In terms of the process: for the 4 values, we all sat in the room, at the whiteboard, for about 2 hours, meandering in and out, eating lunch leftovers, having side conversations, etc, with perhaps 4-6 people in front of the board at any time, but varying subsets. Discussing, ideating, etc. At some point something started to take shape, people did the normal thing - tossed in ideas, improved on them, etc. Totally unfacilitated (unlike the selection of the term agile, which was totally facilitated and took about an hour). After a shape was achieved, we went through it word by word as a group, more objections, ideas, changes, improvements. In the end, we could each happily sign our names to the entire thing.
The 12 principles didn't have such a luxury. People started aiming for their flights back, so we drafted what we could, and promised to settle the differences by email. Email - hah! You know what we think of that medium for shaping thoughts. The difference in quality in the 12 principles is primarily due to loss of face-to-face and moving to email. Slow, awkward, not everyone there, low feedback rates, etc. So with the time available and the emailing technology available, we did what we could. We commented on the difference instantly --- the 4 values were generated by Individuals and Interactions with rapid feedback and lots of face-to-face.
But even if we'd gotten the quality up, there wasn't the same level of agreement. Fact is, we differ in preferences on how to behave at the minute-to-minute level. And accept that. And those differences start to show up when moving from 4 values to 12 principles (and even more if we were to write 50 rules or whatever).

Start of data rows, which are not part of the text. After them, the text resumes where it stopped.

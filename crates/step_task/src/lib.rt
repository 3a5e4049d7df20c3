// The step of a task (§7), on a table known to be sound.

#![tactic(auto)]

ghost use Rattle.std.specs.Prelude.{◌≡◌, true};
ghost use Rattle.memory.specs.Pieces.{memory};
ghost use Rattle.memory.specs.Sound.{sound};
ghost use Rattle.memory.specs.Numbers.{replied};
ghost use Rattle.memory.specs.Step.{step};
ghost use Rattle.step_phase.specs.Contract.{Ready, Stepped};

use memory::{Answer, EntryRow, Place, PlaceRow, Refusal, Sizes};
use step_phase::Moved;

// The step, with the place lent. What is handed back is the answer.
fn step_place(
    place: &mut Place,
    sizes: Sizes,
    words: &mut [u32],
    records: &mut [u32],
    places: &mut [PlaceRow],
    entries: &[EntryRow],
    task: usize,
) -> Answer
    requires { Ready place.old sizes words.old records.old places.old entries.now task }
    ensures { Stepped place.old sizes words.old records.old places.old entries.now task place.new words.new records.new places.new result }
{
    let moved = step_phase::advance(*place, sizes, words, records, places, entries, task);
    *place = moved.place;
    moved.answer
}

// Lends the place. Nothing else makes a reference to one, so that whoever calls this is covered by the borrow checker.
fn step_value(
    mut place: Place,
    sizes: Sizes,
    words: &mut [u32],
    records: &mut [u32],
    places: &mut [PlaceRow],
    entries: &[EntryRow],
    task: usize,
) -> Moved
    requires { Ready place sizes words.old records.old places.old entries.now task }
    ensures { Stepped place sizes words.old records.old places.old entries.now task result.place words.new records.new places.new result.answer }
{
    let answer = step_place(&mut place, sizes, words, records, places, entries, task);
    Moved { place, answer }
}

// Answers no Result, since 20 to 23 are no refusals, and one more is no plainer.
// The step of a task, with the tables alone: its row is made a place, the place is stepped and stored back.
pub fn step_sound(
    sizes: Sizes,
    words: &mut [u32],
    records: &mut [u32],
    places: &mut [PlaceRow],
    entries: &[EntryRow],
    task: usize,
) -> Answer
    requires { sound sizes (memory words.old records.old places.old entries.now) ≡ true }
    ensures { replied result (memory words.new records.new places.new entries.now) ≡ step sizes (memory words.old records.old places.old entries.now) task }
{
    if task >= sizes.tasks {
        return Refusal::NoTask.into();
    }
    let place = Place::from(places[task]);
    let stepped = step_value(place, sizes, words, records, places, entries, task);
    places[task] = stepped.place.row();
    stepped.answer
}
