//! What a `Layout` prints.
ghost use Rattle.std.specs.Prelude.{◌≡◌, ◌<◌, Some};
ghost use Rattle.nd_shape.specs.Layout.{layout_text};

use crate::layout::Layout;
use std::fmt;

/// The letters of the bits that are set, or a word where none is, and the bits as a number.
fn text_of(bits: u32) -> &'static str
    requires { bits < 16 }
    ensures { result.now ≡ layout_text bits }
{
    match bits {
        0 => "Custom (0x0)",
        1 => "C (0x1)",
        2 => "F (0x2)",
        3 => "CF (0x3)",
        4 => "c (0x4)",
        5 => "Cc (0x5)",
        6 => "Fc (0x6)",
        7 => "CFc (0x7)",
        8 => "f (0x8)",
        9 => "Cf (0x9)",
        10 => "Ff (0xa)",
        11 => "CFf (0xb)",
        12 => "cf (0xc)",
        13 => "Ccf (0xd)",
        14 => "Fcf (0xe)",
        _ => "CFcf (0xf)",
    }
}

impl fmt::Debug for Layout {
    ghost debug_output = { λ layout. Some (layout_text layout) };

    fn fmt<W: fmt::Write>(&self, f: &mut fmt::Formatter<W>) -> fmt::Result {
        f.write_str(text_of(self.bits))
    }
}
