//! Requests for memory.
use std::alloc::Global;

/// Whether one small request for memory is granted.
pub fn grants(alloc: Global) -> bool {
    let mut one = Vec::new(alloc);
    one.push(1_u8).is_ok()
}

In my view (which Ron Jeffries won't say that he agrees with - but I'm not sure he'll say he disagrees, either), we agreed on 4 things:
1. At the lowest level of precision, the word "agile" captures the sense of what we're after.
2. At the second level of precision, the 4 values capture what we center on.
3. At the third level of precision, the 12 principles, we start to diverge, and can barely hold together on the 12 values. I know I only marginally agree with the wording of some of them, and what I find significant is that other people only marginally agree with ones I completely agree with, and when we went to change words, we wanted to change them in opposite directions.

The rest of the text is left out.